In step 62, the dot counter is rotated once to the right, causing the bit that is set to 1 to be moved down one position. For example, if the value of the dot counter has been 80H until now, it becomes 40H by the process of step 62 (see FIG. 7). Also, so far 0
If it is 1H, the value of the dot counter returns to 80H by the process of step 62. Next, in step 63, it is determined whether the most significant bit D7 of the dot counter has returned to 1, that is, whether it has returned to 80H. 80H
Steps 54 to 63 are repeated until the
If it returns to 80H, the byte counter is incremented by 1 in step 64. As a result, the data one position to the right is specified. This step 6
In the process of step 4, if the byte counter is smaller than 296, the process returns to step 53 and steps 53 to 64 are repeatedly executed. On the other hand, if the byte counter reaches 297 in step 64, the data P
296 has also been read and the printout of the upper half of the image data has been completed, so the process advances to step 72 (FIG. 5) to print out the lower half of the image data.

The process in FIG. 5 is basically the same as the process in FIG. 4, and the steps corresponding to the steps in FIG. 4 are numbered by adding 20 to the step number in FIG. For example, step 72 corresponds to step 52 in FIG. Note that in step 74 of FIG. 5, unlike step 54 of FIG. 4, the line counter is set to 410 in order to identify the lowest part of the document. Since the other steps are completely the same as those in FIG. 4, their explanation will be omitted.
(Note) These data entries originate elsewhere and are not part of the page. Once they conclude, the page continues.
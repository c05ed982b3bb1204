//! `asm` and `migrate`: an image that is made of a file, and its own file, saved.

ghost use Rattle.std.specs.Prelude.{◌≡◌, ◌≢◌, ℕ, List, Ok, Err, IfErr, IfOk, IfSome, OnOk};
ghost use Rattle.std.specs.Bool.{then_some};
ghost use Rattle.shared_terms.specs.Counts.{next_count};
ghost use Rattle.image_format.specs.Migrated.{migrated};
ghost use Rattle.image_format.specs.Spelling.{spelling};
ghost use Rattle.pump_line.specs.Task.{save};
ghost use Rattle.pump_line.specs.Told.{save_value};
ghost use Rattle.pump_cli.specs.Early.{IsOfFile, ReadRoseBy, WriteRoseBy};
ghost use Rattle.pump_cli.specs.Environments.{environment};
ghost use Rattle.pump_cli.specs.Facts.{AtMost, status_in};
ghost use Rattle.pump_cli.specs.Reading.{made_read};
ghost use Rattle.pump_cli.specs.Theorem.{HeadlineOf};

use crate::cut::Cut;
use crate::reading::{EarlyEnd, load_image, load_source};
use crate::refusal::{Refusal, end_early};
use crate::status::Status;
use host_io::{Files, Sink, Source};
use image_format::{Image, write_image};
use pump_line::{Making, SaveTask};
use std::alloc::Global;

/// Saves the file of an image under this name.
pub(crate) fn save_image<F: Files>(
    alloc: Global,
    files: &mut F,
    name: &str,
    image: &Image,
) -> Result<Status, Cut>
    ensures file { OnOk result
        (F.held files.new name.now ≡ then_some F.tells (spelling image.now)) }
    ensures others { (other : List ℕ) → other ≢ name.now
        → F.held files.new other ≡ F.held files.old other }
    ensures memory { result ≡ Err Cut.Memory → F.held files.new ≡ F.held files.old }
    ensures done { IfOk result (λ status. status ≡ Status.Done) }
    ensures faults { WriteRoseBy (F.write_faults files.old) (F.write_faults files.new)
        name.now result }
    ensures reads { F.read_faults files.new ≡ F.read_faults files.old }
    ensures calls { result ≢ Err Cut.Memory
        → F.calls files.new ≡ next_count (F.calls files.old) }
    ensures at_most { AtMost 1 (F.calls files.old) (F.calls files.new) }
{
    let bytes = write_image(alloc, image)?;
    files.save(alloc, name, &bytes)?;
    Ok(Status::Done)
}

/// The image as one of version 2.
fn migrated(alloc: Global, image: Image) -> Result<Image, EarlyEnd>
    ensures made { IfOk result (λ made. made ≡ migrated image) }
    ensures cut { IfErr result (λ end. end ≡ EarlyEnd.Cut Cut.Memory) }
{
    match image.migrate(alloc) {
        Ok(image) => Ok(image),
        Err(_) => Err(EarlyEnd::Cut(Cut::Memory)),
    }
}

/// The image that is made so of the file of this name.
fn load_made<F: Files>(
    alloc: Global,
    files: &mut F,
    making: Making,
    name: &str,
) -> Result<Image, EarlyEnd>
    ensures taken { IfOk result (λ image. IfSome (F.held files.old name.now) (λ bytes.
        made_read making bytes ≡ Ok image)) }
    ensures refused { (refusal : Refusal) → result ≡ Err (EarlyEnd.Refused refusal) →
        IfSome (F.held files.old name.now) (λ bytes. made_read making bytes ≡ Err refusal) }
    ensures of_file { (refusal : Refusal) → result ≡ Err (EarlyEnd.Refused refusal) →
        IsOfFile refusal }
    ensures faults { ReadRoseBy (F.read_faults files.old) (F.read_faults files.new)
        name.now result }
    ensures writes { F.write_faults files.new ≡ F.write_faults files.old }
    ensures calls { F.calls files.new ≡ next_count (F.calls files.old) }
    ensures held { F.held files.new ≡ F.held files.old }
{
    match making {
        Making::Assemble => load_source(alloc, files, name),
        Making::Migrate => match load_image(alloc, files, name) {
            Ok(image) => migrated(alloc, image),
            Err(end) => Err(end),
        },
    }
}

/// Loads the file that an image is made of, and saves the file of that image.
pub(crate) fn save_task<F: Files, S: Source, K: Sink, L: Sink>(
    alloc: Global,
    task: SaveTask<'_>,
    files: &mut F,
    input: &mut S,
    out: &mut K,
    err: &mut L,
) -> Result<Status, Cut>
    ensures { HeadlineOf (save (save_value task.entry)) (status_in result)
        (environment F.tells F.held F.read_faults F.write_faults F.calls S.left S.closed S.faults
        K.taken K.faults L.taken L.faults files.old input.old out.old err.old)
        (environment F.tells F.held F.read_faults F.write_faults F.calls S.left S.closed S.faults
        K.taken K.faults L.taken L.faults files.new input.new out.new err.new) }
{
    match load_made(alloc, files, task.making, task.source) {
        Ok(image) => save_image(alloc, files, task.image, &image),
        Err(end) => end_early(err, end),
    }
}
As described above, in this embodiment, the received image data is divided into two, and each of the divided image data is divided into nine parts.
It is configured to be rotated by 0° and printed out. Therefore, even if the received image data is larger than the print paper, it can be printed out without being reduced. Note that in the processing of FIGS. 4 and 5, the image data is output in its original size, but it may be reduced at a desired ratio if necessary. Further, the number of divisions of image data may be three or more. moreover,
For example, a broken line or a mark may be drawn at the parting line C to facilitate joining a plurality of printed sheets to obtain the same original document. This is easily accomplished by slightly modifying the flowcharts of FIGS. 4 and 5.

[0016]

[Effects of the Invention] As described above, according to the present invention, even when a document larger than the size of the set paper is received, the document can be printed out in its original size. can get.
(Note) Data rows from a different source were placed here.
//! `run`: an image, run on the whole input.

ghost use Rattle.std.specs.Prelude.{◌≤◌, IfOk};
ghost use Rattle.cache_size.specs.Sizes.{IsCacheSize};
ghost use Rattle.turn_steps.specs.Feeds.{tape_of};
ghost use Rattle.rounds.specs.Course.{rounds};
ghost use Rattle.pump_line.specs.Task.{run};
ghost use Rattle.pump_line.specs.Told.{run_value};
ghost use Rattle.pump_cli.specs.Codes.{IsOfRun};
ghost use Rattle.pump_cli.specs.Endings.{outcome_of_course};
ghost use Rattle.pump_cli.specs.Environments.{environment};
ghost use Rattle.pump_cli.specs.Facts.{Does, PutsFaultBy, status_in};
ghost use Rattle.pump_cli.specs.Program.{basis_of, course_by, outcome_of_run, standing_at_start};
ghost use Rattle.pump_cli.specs.Theorem.{HeadlineOf};

use crate::basis::basis_of;
use crate::cut::Cut;
use crate::ending::{end_at_start, run_engine};
use crate::reading::{load_image, load_secret, read_input};
use crate::refusal::end_early;
use crate::status::Status;
use engine_trait::{Feed, LoadEnd, Loader};
use host_io::{Files, Sink, Source};
use image_format::Image;
use policy_choice::All;
use pump_line::RunTask;
use pump_loader::{BareLoad, ChosenLoad, Hidden, Whole, chosen_load};
use std::alloc::Global;

/// Runs what a loader starts, on these bytes of input; a start that needs too many tag numbers makes no turn. It stays a call,
/// so that each kind of engine has a loop of its own.
#[inline(never)]
fn run_load<D: Loader, K: Sink, L: Sink>(
    turns: u64,
    loader: &D,
    fed: Vec<u8>,
    out: &mut K,
    err: &mut L,
) -> Result<Status, Cut>
    ensures does { Does (outcome_of_course
        (rounds D.E.P.Tag.eq D.E.P.model turns 0 (standing_at_start (D.start loader.now))
        (tape_of fed.items)))
        (record { out = K.taken out.old; err = L.taken err.old })
        (record { out = K.taken out.new; err = L.taken err.new }) result }
    ensures faults { PutsFaultBy
        (record { out = K.faults out.old; err = L.faults err.old })
        (record { out = K.faults out.new; err = L.faults err.new }) result }
    ensures kind { IfOk result IsOfRun }
{
    let mut engine = match loader.load() {
        Ok(engine) => engine,
        Err(LoadEnd::TagsOut) => return end_at_start(err),
        Err(LoadEnd::Memory) => return Err(Cut::Memory),
    };
    let mut feed = Feed::of(fed);
    run_engine(turns, &mut engine, &mut feed, out, err)
}

/// Runs an image from its start under the policies that the task chooses, as `W`, on the engine that suits the task.
fn run_whole<W: Whole, K: Sink, L: Sink>(
    alloc: Global,
    task: RunTask<'_>,
    image: &Image,
    secret: &[u8],
    fed: Vec<u8>,
    out: &mut K,
    err: &mut L,
) -> Result<Status, Cut>
    requires rules { IsCacheSize task.cache }
    requires tags { 1 ≤ task.tags }
    ensures does { Does (outcome_of_course (course_by W.Tag.eq W.Policy.model
        (W.chosen (basis_of task.entry.choice) secret.now image.now)
        (run_value task.entry) image.now fed.items))
        (record { out = K.taken out.old; err = L.taken err.old })
        (record { out = K.taken out.new; err = L.taken err.new }) result }
    ensures faults { PutsFaultBy
        (record { out = K.faults out.old; err = L.faults err.old })
        (record { out = K.faults out.new; err = L.faults err.new }) result }
    ensures kind { IfOk result IsOfRun }
{
    let basis = basis_of(task.choice);
    match chosen_load::<W>(alloc, image, basis, secret, task.cache, task.tags) {
        ChosenLoad::Asked(loader) => run_load(task.turns, &loader, fed, out, err),
        ChosenLoad::Kept(loader) => run_load(task.turns, &loader, fed, out, err),
        ChosenLoad::InSets(loader) => run_load(task.turns, &loader, fed, out, err),
    }
}

/// Runs an image from its start on these bytes of input, on the engine that suits the task. Where no policy is chosen that is one
/// whose tags have no size: it shows the same whatever is kept.
pub(crate) fn run_image<K: Sink, L: Sink>(
    alloc: Global,
    task: RunTask<'_>,
    image: &Image,
    secret: &[u8],
    fed: Vec<u8>,
    out: &mut K,
    err: &mut L,
) -> Result<Status, Cut>
    requires rules { IsCacheSize task.cache }
    requires tags { 1 ≤ task.tags }
    ensures does { Does (outcome_of_run (run_value task.entry) secret.now image.now fed.items)
        (record { out = K.taken out.old; err = L.taken err.old })
        (record { out = K.taken out.new; err = L.taken err.new }) result }
    ensures faults { PutsFaultBy
        (record { out = K.faults out.old; err = L.faults err.old })
        (record { out = K.faults out.new; err = L.faults err.new }) result }
    ensures kind { IfOk result IsOfRun }
{
    if task.choice.is_none() {
        let loader = BareLoad::new(alloc, image);
        return run_load(task.turns, &loader, fed, out, err);
    }
    if task.choice.secret {
        return run_whole::<Hidden, K, L>(alloc, task, image, secret, fed, out, err);
    }
    run_whole::<All, K, L>(alloc, task, image, secret, fed, out, err)
}

/// Loads the image, and the secret bytes where secrecy is chosen, reads the whole input, and runs the image on it.
pub(crate) fn run_task<F: Files, S: Source, K: Sink, L: Sink>(
    alloc: Global,
    task: RunTask<'_>,
    files: &mut F,
    input: &mut S,
    out: &mut K,
    err: &mut L,
) -> Result<Status, Cut>
    requires rules { IsCacheSize task.cache }
    requires tags { 1 ≤ task.tags }
    ensures { HeadlineOf (run (run_value task.entry)) (status_in result)
        (environment F.tells F.held F.read_faults F.write_faults F.calls S.left S.closed S.faults
        K.taken K.faults L.taken L.faults files.old input.old out.old err.old)
        (environment F.tells F.held F.read_faults F.write_faults F.calls S.left S.closed S.faults
        K.taken K.faults L.taken L.faults files.new input.new out.new err.new) }
{
    let image = match load_image(alloc, files, task.image) {
        Ok(image) => image,
        Err(end) => return end_early(err, end),
    };
    let secret = match load_secret(alloc, files, task.choice, task.secret) {
        Ok(secret) => secret,
        Err(end) => return end_early(err, end),
    };
    let fed = match read_input(alloc, input) {
        Ok(fed) => fed,
        Err(end) => return end_early(err, end),
    };
    run_image(alloc, task, &image, &secret, fed, out, err)
}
[Brief explanation of the drawing]

FIG. 1 is a perspective view showing a state of communication between a facsimile machine and a facsimile machine that sends an A3-sized document according to an embodiment of the present invention.

FIG. 2 is a diagram illustrating the relationship between an A3-sized original on the sending side and an A4-sized paper on the receiving side.
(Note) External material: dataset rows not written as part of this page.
//! Refusals: what they say, and their statuses.

ghost use Rattle.std.specs.Prelude.{◌≡◌, ◌+◌, ◌≤◌, ◌++◌};
ghost use Rattle.arrayvec.specs.ArrayVec.{array_vec_len};
ghost use Rattle.pump_cli.specs.Codes.{status_of_refusal};
ghost use Rattle.pump_cli.specs.Early.{EndsEarly, Tells};
ghost use Rattle.pump_cli.specs.Texts.{refusal_text};

use crate::cut::Cut;
use crate::reading::EarlyEnd;
use crate::status::Status;
use crate::texts::{write_elf_error, write_image_error, write_source_error, write_tags_error};
use asm_read::AsmError;
use elf_image::{ElfError, TagsError};
use host_io::Sink;
use image_format::ImageError;
use pump_words::{Line, write_text};

/// Why a task is refused before anything is done.
#[derive(Clone, Copy)]
pub(crate) enum Refusal {
    /// The words are no command line.
    BadWords,
    /// The file is no image.
    BadImage(ImageError),
    /// The file is no source that can be assembled.
    BadSource(AsmError),
    /// The file is no tag file.
    BadTags(TagsError),
    /// The file is no ELF file that is loaded.
    BadElf(ElfError),
    /// A file or the input is longer than its limit.
    TooLong,
}

impl Refusal {
    /// The status that the program ends with.
    fn status(self) -> Status
        ensures { result ≡ status_of_refusal self }
    {
        match self {
            Refusal::BadWords => Status::BadWords,
            Refusal::BadImage(_) => Status::BadImage,
            Refusal::BadSource(_) => Status::BadSource,
            Refusal::BadTags(_) => Status::BadTags,
            Refusal::BadElf(_) => Status::BadElf,
            Refusal::TooLong => Status::TooLong,
        }
    }
}

/// Appends what a refusal says.
fn write_refusal(to: &mut Line, refusal: Refusal)
    requires { array_vec_len to.old + 100 ≤ 512 }
    ensures text { to.new.items ≡ to.old.items ++ refusal_text refusal }
    ensures short { array_vec_len to.new ≤ array_vec_len to.old + 100 }
{
    match refusal {
        Refusal::BadWords => write_text(to, b"pump: bad command line"),
        Refusal::BadImage(error) => {
            write_text(to, b"pump: bad image: ");
            write_image_error(to, error);
        }
        Refusal::BadSource(error) => {
            write_text(to, b"pump: bad source: ");
            write_source_error(to, error);
        }
        Refusal::BadTags(error) => {
            write_text(to, b"pump: bad tags: ");
            write_tags_error(to, error);
        }
        Refusal::BadElf(error) => {
            write_text(to, b"pump: bad elf: ");
            write_elf_error(to, error);
        }
        Refusal::TooLong => write_text(to, b"pump: too long"),
    }
}

/// Says in one line on standard error why the task is refused, which ends the program.
pub(crate) fn refuse<L: Sink>(err: &mut L, refusal: Refusal) -> Result<Status, Cut>
    ensures { Tells refusal (L.taken err.old) (L.taken err.new)
        (L.faults err.old) (L.faults err.new) result }
{
    let mut line = Line::new();
    write_refusal(&mut line, refusal);
    write_text(&mut line, b"\n");
    match err.put(&line) {
        Ok(()) => Ok(refusal.status()),
        Err(end) => Err(Cut::from(end)),
    }
}

/// Ends the program before anything ran: a refusal is told, and a cut is not.
pub(crate) fn end_early<L: Sink>(err: &mut L, end: EarlyEnd) -> Result<Status, Cut>
    ensures { EndsEarly end (L.taken err.old) (L.taken err.new)
        (L.faults err.old) (L.faults err.new) result }
{
    match end {
        EarlyEnd::Refused(refusal) => refuse(err, refusal),
        EarlyEnd::Cut(cut) => Err(cut),
    }
}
FIG. 3 is a block diagram showing a facsimile device according to an embodiment of the present invention.

FIG. 4 is a flowchart showing processing for the upper half of a transmitted document.

FIG. 5 is a flowchart showing processing for the lower half of the transmitted document.

FIG. 6 is a diagram showing addresses of an image memory.

FIG. 7 is a diagram showing the contents of a dot counter.

FIG. 8 is a diagram showing an example of the contents of an X register.

[Explanation of symbols]

10 Receiving side facsimile machine 20 Sending side facsimile machine

Claims (1)

[Claims] 1. A memory for storing image data of a received document; and a method for dividing the document into a plurality of parts by a dividing line, and scanning each part of the document in a direction perpendicular to the dividing line. A facsimile device comprising means for reading image data and means for printing and outputting each of the above portions.